A longer *focal length* lens will project a magnified view of a smaller area of the scene, whereas a short lens will project a view of a larger area of the scene (wide angle).

With a bit of maths, it's possible to determine how much of the scene you will capture, and draw a diagram to help yourself out.

I will compare a 28mm (wide angle), 50mm (normal) and 135mm (telephoto) lens for 35mm film.

Taking a table of viewing angle according to focal length,

FL Long Side Short Side
28mm 65° 45°
50mm 40° 27°
135mm 15° 10°

we can determine the effective amount of the image from
the rule:

w = d×tan(0.5×*theta*)

Where w is the width of the image (or height on the vertical side), d is the distance from camera to object and *theta* is the angle taken from the previous table.
*(We can ignore all constants, since we're only interested in ratios)*.

This gives *(for d=100)*:

FL Width Height
28mm 65 46
50mm 40 27
135mm 15 10

Now draw concentric rectangles of these dimensions (probably using mm as a scale), and the comparison should become obvious if you imagine a scene drawn within. Ideally, you should hold the diagram at a distance *d* from your eye (100mm in this case).

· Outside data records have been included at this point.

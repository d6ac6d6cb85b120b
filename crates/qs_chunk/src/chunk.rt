//! The chunk: values in order, in a ring of places.

ghost use Rattle.std.specs.Prelude.{◌≡◌, ◌==◌, ◌<◌, ◌≤◌, ◌↔◌, [], ◌∷◌, ◌++◌, length, IfNone, IfSome, IfOk, IfErr, IsOk};
ghost use Rattle.qs_chunk.specs.audit.Batch.{batch};
ghost use Rattle.qs_chunk.specs.Limits.{largest_chunk};
ghost use Rattle.std.specs.Vec.Ownership.{FitsInBlock};

use crate::cells::{Room, make};
use crate::places::{place_after, place_on};
use crate::size::ChunkSize;
use std::alloc::{AllocError, Global};
use std::marker::Model;
use std::mem::size_of;

/// Values in order, at most as many as the capacity. No call but the constructor takes memory. They lie from the place
/// `start` on, and go on at place 0 behind the last place.
pub struct Chunk<T> {
    room: Room<T, Global>,
    capacity: usize,
    start: usize,
    count: usize,
    alloc: Global,
}

// A pointer and three numbers, and no other field that has a size.
const _: () = prove!(size_of::<Chunk<u8>>() == 32);

impl<T> Model for Chunk<T> {
    ghost use Rattle.std.specs.Prelude.{◌≡◌, ◌≤◌};
    ghost use Rattle.qs_chunk.specs.audit.Batch.{Batch, batch, batch_code};
    ghost use Rattle.qs_chunk.specs.Limits.{largest_chunk};
    ghost use Rattle.qs_chunk.specs.Ring.{ring_values, IsRing};

    ghost Value = { Batch T };

    ghost coded = { batch_code T.code };

    ghost view = { λ c. batch (ring_values c.start c.room.places) c.capacity };

    ghost invariant = { λ c. IsRing c.room.places c.capacity c.start c.count × (c.room.giver ≡ c.alloc) × (1 ≤ c.capacity) × (c.capacity ≤ largest_chunk) };
}

impl<T> Chunk<T> {
    /// An empty chunk with all its memory. An error says that the allocator refused this memory. Of the values as many
    /// as the largest chunk has fit into one block of memory, which may have 2^63 - 1 bytes.
    pub fn with_capacity(alloc: Global, size: ChunkSize) -> Result<Chunk<T>, AllocError>
        requires fits { FitsInBlock T.row largest_chunk }
        ensures empty { IfOk result (λ chunk. chunk ≡ batch [] size) }
    {
        let capacity = usize::from(size.get());
        let room = make(&alloc, capacity)?;
        Ok(Chunk {
            room,
            capacity,
            start: 0,
            count: 0,
            alloc,
        })
    }

    /// How many values there are.
    pub fn len(&self) -> usize
        ensures count { result ≡ length self.now.items }
        ensures within { result ≤ self.now.capacity }
    {
        self.count
    }

    /// How many values there may be: from 1 to 32.
    pub fn capacity(&self) -> usize
        ensures capacity { result ≡ self.now.capacity }
        ensures within { (1 ≤ result) × (result ≤ largest_chunk) }
    {
        self.capacity
    }

    /// Adds a value at the end of a chunk that is not full. Answers whether it is full then.
    #[inline(always)]
    pub fn add(&mut self, item: T) -> bool
        requires room { length self.old.items < self.old.capacity }
        ensures added { self.new ≡ batch (self.old.items ++ item ∷ []) self.old.capacity }
        ensures full { result ≡ (length self.new.items == self.new.capacity) }
    {
        let count = self.count;
        let capacity = self.capacity;
        let back = place_on(self.start, count, capacity);
        self.room.write(back, item);
        self.count = count + 1;
        count + 1 == capacity
    }

    /// Adds a value at the end. It comes back exactly where the chunk is full, and nothing changes then.
    pub fn push(&mut self, item: T) -> Result<(), T>
        ensures fits { IsOk result ↔ (length self.old.items < self.old.capacity) }
        ensures ok { IfOk result (λ _. self.new ≡ batch (self.old.items ++ item ∷ []) self.old.capacity) }
        ensures err { IfErr result (λ back. (back ≡ item) × (self.new ≡ self.old)) }
    {
        if self.count >= self.capacity {
            return Err(item);
        }
        self.add(item);
        Ok(())
    }

    /// Takes the first value out. There is none exactly where the chunk is empty.
    pub fn take_front(&mut self) -> Option<T>
        ensures none { IfNone result ((self.old.items ≡ []) × (self.new ≡ self.old)) }
        ensures some { IfSome result (λ item. self.old ≡ batch (item ∷ self.new.items) self.new.capacity) }
    {
        if self.count == 0 {
            return None;
        }
        let front = self.start;
        self.start = place_after(front, self.capacity);
        self.count -= 1;
        Some(self.room.read(front))
    }
}

impl<T: Drop> Drop for Chunk<T> {
    // The pattern names each field, so that a further one would be seen.
    fn drop(self) {
        let Chunk {
            mut room,
            capacity,
            start,
            count,
            alloc,
        } = self;
        room.drop_values(capacity, start, count);
        room.free(&alloc, capacity);
    }
}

+-------------------------------+
| |
| |
| +-----------------+ |
| | | |
| | +-----+ | |
_______|______|_____|__135|_____|______|__(Scene horizon)
| | +-----+ | |
| | 50| |
| +-----------------+ |
| |
| 28|
+-------------------------------+

Obviously, this is only a rough guide, but may be useful if you're trying to select a lens to complement your others.

Also worthy of note, is that the focal length of a lens is infinitessimally larger than the theoretical minimum distance that an object can be placed to the lens and still focused sharply. At the focal length, the image rays will be parallel. Just inside the focal length, the image rays will converge at a huge distance. Therefore, for practical reasons, the minimum distance of focus is usually significantly larger than the focal length of the lens.